Policy parameters will be stored as plaintext. To prevent information leakage, do not contain sensitive information in these parameters.
Usage Guidelines
- A request throttling policy becomes invalid if a request throttling 2.0 policy is bound to the same API as the existing one.
- You can define a maximum of 100 parameter-based throttling rules. The parameter name can contain 1 to 32 characters.
- The policy content cannot exceed 65,535 characters.
- An API can be bound with only one policy of the same type.
- Policies are independent of APIs. A policy takes effect for an API only after they are bound to each other. When binding a policy to an API, you must specify an environment where the API has been published. The policy takes effect for the API only in the specified environment.
- After you bind a policy to an API, unbind the policy from the API, or update the policy, you do not need to publish the API again.
- Taking an API offline does not affect the policies bound to it. The policies are still bound to the API if the API is published again.
- Policies that have been bound to APIs cannot be deleted.
Creating a Request Throttling 2.0 Policy
- Go to the APIG console.
- Select a dedicated gateway at the top of the navigation pane.
- In the navigation pane, choose API Management > API Policies.
- On the Policies tab, click Create Policy.
- On the Select Policy Type page, select Request Throttling 2.0 in the Plug-ins area.

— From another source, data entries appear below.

//! What can be said of a key besides its lists.
use kx_lex::Bytes;
use kx_tables::Range;
use kx_virtual_mods::NameSet;

/// What can have a value in a key besides its lists.
#[derive(Clone, Copy, PartialEq, Eq)]
pub enum AttributeCell {
    /// The type of a group, counted from 0.
    GroupType(usize),
    /// The type of the groups that aren't given one of their own.
    KeyType,
    /// The virtual modifiers that the key bears.
    VirtualMods,
    /// What becomes of a group that the key doesn't have.
    Range,
}

/// The value of a cell.
#[derive(Drop)]
pub enum AttributeValue {
    /// A type by its name.
    Type(Bytes),
    Mods(NameSet),
    Range(Range),
}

- Set the policy information.
Table 1 Request throttling 2.0 parameters Parameter
Description
Name
Enter a policy name. Using naming rules facilitates future search.
Type
Fixed as Request Throttling 2.0.
Description
Description about the plug-in.
Policy Content
Content of the plug-in, which can be configured in a form or using a script.
Throttling
High-performance throttling is recommended.
- High precision: better for low concurrency scenarios (performance is affected)
- High performance: better for medium concurrency scenarios (performance is less affected, with small occasional errors)
- Single node: better for high concurrency scenarios (request throttling within each node; performance is least affected, with small occasional errors)
Policy Type
Period
For how long you want to limit the number of API calls. This parameter can be used together with the following parameters:
- Max. API Requests: Limit the maximum number of times an API can be called within a specific period.
- Max. User Requests: Limit the maximum number of times an API can be called by a user within a specific period.
- Max. Credential Requests: Limit the maximum number of times an API can be called by a credential within a specific period.
- Max. IP Address Requests: Limit the maximum number of times an API can be called by an IP address within a specific period.
Max. API Requests
The maximum number of times each bound API can be called within the specified period.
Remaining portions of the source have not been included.